- [Problem to work on] Every line that includes the word "first" needs to be copied from the listing.

···

// The fields of a head, as spans of its bytes, and what their values say of the body.
ghost use Rattle.std.specs.Str.{bytes_eq};
ghost use Rattle.std.specs.Prelude.{◌≡◌, length, map, All, option_map, IfSome, IfOk, Some, None, if◌then◌else◌, codes};
ghost use Rattle.std.specs.List.{list_all};
ghost use Rattle.std.specs.Str.{str_eq_ignore_ascii_case};
ghost use Rattle.std.specs.Str.Parse.{digits_value};
ghost use Rattle.httparse.specs.Spans.{IsHeaderWithin, header_bytes};
ghost use Rattle.spm_http.specs.Named.{from_next, heard_by, values_in};
ghost use Rattle.spm_http.specs.Response.{body_of_length, body_to_end, by_encodings, by_lengths, is_length};
ghost use Rattle.spm_http.specs.declared.response_head.Heard.TheVariants.{Whole};

use crate::chunked::read_chunks;
use crate::response_head::Heard;
use httparse::spans::HeaderSpan;
use spm_version::{Bytes, NoMemory};
use std::alloc::Global;

// A text of more digits could say more than a `u64` can hold.
const MAX_DIGITS: usize = 19;

// Whether the texts are equal but for the case of letters.
fn is_same(text: &[u8], other: &[u8]) -> bool
    ensures { result ≡ str_eq_ignore_ascii_case text.now other.now }
{
    text.eq_ignore_ascii_case(other)
}

// The name of a field.
fn name_of<'b>(head: &'b [u8], field: &HeaderSpan) -> &'b [u8]
    requires within { IsHeaderWithin (length head.now) field.now }
    ensures { result.now ≡ (header_bytes head.now field.now).0 }
{
    field.name.of(head)
}

// The value of a field.
fn value_of<'b>(head: &'b [u8], field: &HeaderSpan) -> &'b [u8]
    requires within { IsHeaderWithin (length head.now) field.now }
    ensures { result.now ≡ (header_bytes head.now field.now).1 }
{
    field.value.of(head)
}

// The first value with the name, and the fields behind it.
fn next_value<'b>(
    head: &'b [u8],
    fields: &'b [HeaderSpan],
    name: &[u8],
) -> Option<(&'b [u8], &'b [HeaderSpan])>
    requires within { All (IsHeaderWithin (length head.now)) fields.now }
    ensures values { values_in name.now (map (header_bytes head.now) fields.now)
        ≡ from_next name.now (option_map (λ next. (next.0.now, map (header_bytes head.now) next.1.now)) result) }
    ensures within { IfSome result (λ next. All (IsHeaderWithin (length head.now)) next.1.now) }
{
    for (place, field) in fields.iter().enumerate() {
        if is_same(name_of(head, field), name) {
            return Some((value_of(head, field), &fields[place + 1..]));
        }
    }
    None
}

// Whether each value with the name is this one.
fn all_are(head: &[u8], fields: &[HeaderSpan], name: &[u8], value: &[u8]) -> bool
    requires within { All (IsHeaderWithin (length head.now)) fields.now }
    ensures { result ≡ list_all (bytes_eq value.now) (values_in name.now (map (header_bytes head.now) fields.now)) }
{
    for field in fields {
        if is_same(name_of(head, field), name) && value != value_of(head, field) {
            return false;
        }
    }
    true
}

// The number that a text of 1 to 19 digits says.
fn read_length(text: &[u8]) -> Option<u64>
    ensures { result ≡ (if is_length text.now then Some (digits_value 10 text.now) else None) }
{
    if text.is_empty() || text.len() > MAX_DIGITS {
        return None;
    }
    let mut said = 0;
    for digit in text {
        if !digit.is_ascii_digit() {
            return None;
        }
        said = said * 10 + u64::from(*digit - b'0');
    }
    Some(said)
}

// A response with this body.
fn whole(alloc: Global, status: u16, body: &[u8]) -> Result<Heard, NoMemory>
    ensures { IfOk result (λ heard. heard ≡ Whole status body.now) }
{
    let body = Bytes::from_slice(alloc, body)?;
    Ok(Heard::Whole { status, body })
}

// The body whose length is said.
fn read_said(
    alloc: Global,
    status: u16,
    limit: u64,
    said: u64,
    rest: &[u8],
) -> Result<Heard, NoMemory>
    ensures { IfOk result (λ heard. heard ≡ body_of_length status limit said rest.now) }
{
    if limit < said {
        return Ok(Heard::TooLong);
    }
    if (rest.len() as u64) < said {
        return Ok(Heard::Garbled);
    }
    whole(alloc, status, &rest[..said as usize])
}

// The body that ends where the bytes end.
fn read_to_end(alloc: Global, status: u16, limit: u64, rest: &[u8]) -> Result<Heard, NoMemory>
    ensures { IfOk result (λ heard. heard ≡ body_to_end status limit rest.now) }
{
    if limit < rest.len() as u64 {
        return Ok(Heard::TooLong);
    }
    whole(alloc, status, rest)
}

// The body by the lengths that the fields say.
fn read_by_lengths(
    alloc: Global,
    status: u16,
    limit: u64,
    head: &[u8],
    fields: &[HeaderSpan],
    rest: &[u8],
) -> Result<Heard, NoMemory>
    requires within { All (IsHeaderWithin (length head.now)) fields.now }
    ensures { IfOk result (λ heard. heard
        ≡ by_lengths status limit (values_in (codes "content-length") (map (header_bytes head.now) fields.now)) rest.now) }
{
    match next_value(head, fields, b"content-length") {
        None => read_to_end(alloc, status, limit, rest),
        Some((text, others)) => match read_length(text) {
            None => Ok(Heard::Garbled),
            Some(said) => {
                if all_are(head, others, b"content-length", text) {
                    read_said(alloc, status, limit, said, rest)
                } else {
                    Ok(Heard::Garbled)
                }
            }
        },
    }
}

// The body by the encodings and the lengths that the fields say.
fn read_by_encodings(
    alloc: Global,
    status: u16,
    limit: u64,
    head: &[u8],
    fields: &[HeaderSpan],
    rest: &[u8],
) -> Result<Heard, NoMemory>
    requires within { All (IsHeaderWithin (length head.now)) fields.now }
    ensures { IfOk result (λ heard. heard ≡ by_encodings status limit
        (values_in (codes "transfer-encoding") (map (header_bytes head.now) fields.now))
        (values_in (codes "content-length") (map (header_bytes head.now) fields.now)) rest.now) }
{
    match next_value(head, fields, b"transfer-encoding") {
        None => read_by_lengths(alloc, status, limit, head, fields, rest),
        Some((encoding, others)) => match next_value(head, others, b"transfer-encoding") {
            Some(_) => Ok(Heard::Garbled),
            None => {
                if is_same(encoding, b"chunked") {
                    read_chunks(alloc, status, limit, rest)
                } else {
                    Ok(Heard::Garbled)
                }
            }
        },
    }
}

// What is heard behind a head with this status and these fields.
pub fn read_behind(
    alloc: Global,
    status: u16,
    limit: u64,
    head: &[u8],
    fields: &[HeaderSpan],
    rest: &[u8],
) -> Result<Heard, NoMemory>
    requires within { All (IsHeaderWithin (length head.now)) fields.now }
    ensures { IfOk result (λ heard. heard ≡ heard_by limit status (map (header_bytes head.now) fields.now) rest.now) }
{
    if status < 200 {
        return Ok(Heard::Garbled);
    }
    if status == 204 || status == 304 {
        return whole(alloc, status, &[]);
    }
    read_by_encodings(alloc, status, limit, head, fields, rest)
}
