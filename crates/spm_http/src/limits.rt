// How much of a message is looked at.
ghost use Rattle.std.specs.Prelude.{◌≡◌, take};

/// How many bytes the head of a message may have.
pub const MAX_HEAD: usize = 65536;

// How many fields a head may have.
pub const MAX_FIELDS: usize = 64;

// So many bytes at the front, or all of them where there are fewer.
pub fn front_of(bytes: &[u8], most: usize) -> &[u8]
    ensures { result.now ≡ take most bytes.now }
{
    if bytes.len() > most {
        &bytes[..most]
    } else {
        bytes
    }
}
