//! Laws of the definitions: each function here has one as its contract, and nothing calls them.
ghost use Rattle.std.specs.Prelude.{◌≡◌, ◌≢◌, ℕ, List, Result, Ok, Err};
ghost use Rattle.httparse.specs.Grammar.{EndsInTarget};
ghost use Rattle.spm_http.specs.Request.{ReadsHead};
ghost use Rattle.spm_http.specs.Response.{Hears};
ghost use Rattle.spm_http.specs.declared.request_head.HttpFault.{HttpFault};
ghost use Rattle.spm_http.specs.declared.request_head.HttpFault.TheVariants.{Memory};
ghost use Rattle.spm_http.specs.declared.request_head.RequestHead.{RequestHead};
ghost use Rattle.spm_http.specs.declared.response_head.Heard.{Heard};

/// Where there is memory, bytes with a head are read as that head alone, and bytes that don't end inside a target have one answer.
pub fn a_request_is_one_head()
    ensures head { (bytes : List ℕ) (head : RequestHead) (answer : Result RequestHead HttpFault)
        → ReadsHead (Ok head) bytes → ReadsHead answer bytes → answer ≢ Err Memory → answer ≡ Ok head }
    ensures answer { (bytes : List ℕ) (first second : Result RequestHead HttpFault) → ¬ (EndsInTarget bytes)
        → ReadsHead first bytes → ReadsHead second bytes → first ≢ Err Memory → second ≢ Err Memory → first ≡ second }
{}

/// What is heard of bytes with a limit is one.
pub fn a_response_is_heard_one_way()
    ensures { (limit : ℕ) (bytes : List ℕ) (first second : Heard)
        → Hears (Ok first) limit bytes → Hears (Ok second) limit bytes → first ≡ second }
{}

/// Each response is heard as something, whatever its bytes are.
pub fn every_response_is_heard()
    ensures { (limit : ℕ) (response : List ℕ) → (what : Heard) × Hears (Ok what) limit response }
{}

···

- [Expected answer]
// The first value with the name, and the fields behind it.
    ensures answer { (bytes : List ℕ) (first second : Result RequestHead HttpFault) → ¬ (EndsInTarget bytes)
        → ReadsHead first bytes → ReadsHead second bytes → first ≢ Err Memory → second ≢ Err Memory → first ≡ second }
    ensures { (limit : ℕ) (bytes : List ℕ) (first second : Heard)
        → Hears (Ok first) limit bytes → Hears (Ok second) limit bytes → first ≡ second }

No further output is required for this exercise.